Input records Start Marker

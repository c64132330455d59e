//! The events that the machine of a text adds to a room.

ghost use Rattle.std.specs.Prelude.{◌≡◌, ◌+◌, ◌≤◌, length, map};
ghost use Rattle.gabc_places.specs.BoundedList.{Fits, extended_by};
ghost use Rattle.gabc_text.specs.Events.{option_list_of};
ghost use Rattle.gabc_text.specs.witness.EventsLeft.{findings_there};
ghost use Rattle.gabc_text.specs.machine.TextStage.{char_event};

use crate::text_event::{TextEvent, TextPart};
use crate::view::Piece;
use gabc_places::{Char, Code, Finding, Place, Room};

/// Adds the kept character, if there is one.
#[inline(always)]
pub(crate) fn emit_char(out: &mut Room<TextEvent>, place: Place, kept: Option<char>)
    requires { Fits out.old 1 }
    ensures events { out.new ≡ extended_by out.old (option_list_of (char_event place kept)) }
    ensures few { length out.new.items ≤ length out.old.items + 1 }
{
    if let Some(c) = kept {
        out.push(TextEvent::Kept(Char { c, place }));
    }
}

/// Adds a part, if there is one.
pub(crate) fn emit_part(out: &mut Room<TextEvent>, part: Option<TextPart>)
    requires { Fits out.old 1 }
    ensures events { out.new
        ≡ extended_by out.old (map (λ p. TextEvent.Part p) (option_list_of part)) }
    ensures few { length out.new.items ≤ length out.old.items + 1 }
{
    if let Some(part) = part {
        out.push(TextEvent::Part(part));
    }
}

/// Adds a piece, if there is one.
#[inline(always)]
pub(crate) fn emit_piece(out: &mut Room<TextEvent>, piece: Option<Piece>)
    requires { Fits out.old 1 }
    ensures events { out.new ≡ extended_by out.old (map (λ p. TextEvent.Part p)
        (map (λ p. TextPart.Piece p) (option_list_of piece))) }
    ensures few { length out.new.items ≤ length out.old.items + 1 }
{
    if let Some(piece) = piece {
        out.push(TextEvent::Part(TextPart::Piece(piece)));
    }
}

/// Adds a finding with the code `code` at `place`, if there is one.
#[inline(always)]
pub(crate) fn emit_code(out: &mut Room<TextEvent>, place: Place, code: Option<Code>)
    requires { Fits out.old 1 }
    ensures events { out.new ≡ extended_by out.old (findings_there place (option_list_of code)) }
    ensures few { length out.new.items ≤ length out.old.items + 1 }
{
    if let Some(code) = code {
        out.push(TextEvent::Found(Finding { place, code }));
    }
}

Input records End Marker

### Work task
Reproduce all lines from the records above that include the word "specs".

### Result of the task
ghost use Rattle.std.specs.Prelude.{◌≡◌, ◌+◌, ◌≤◌, length, map};
ghost use Rattle.gabc_places.specs.BoundedList.{Fits, extended_by};
ghost use Rattle.gabc_text.specs.Events.{option_list_of};
ghost use Rattle.gabc_text.specs.witness.EventsLeft.{findings_there};
ghost use Rattle.gabc_text.specs.machine.TextStage.{char_event};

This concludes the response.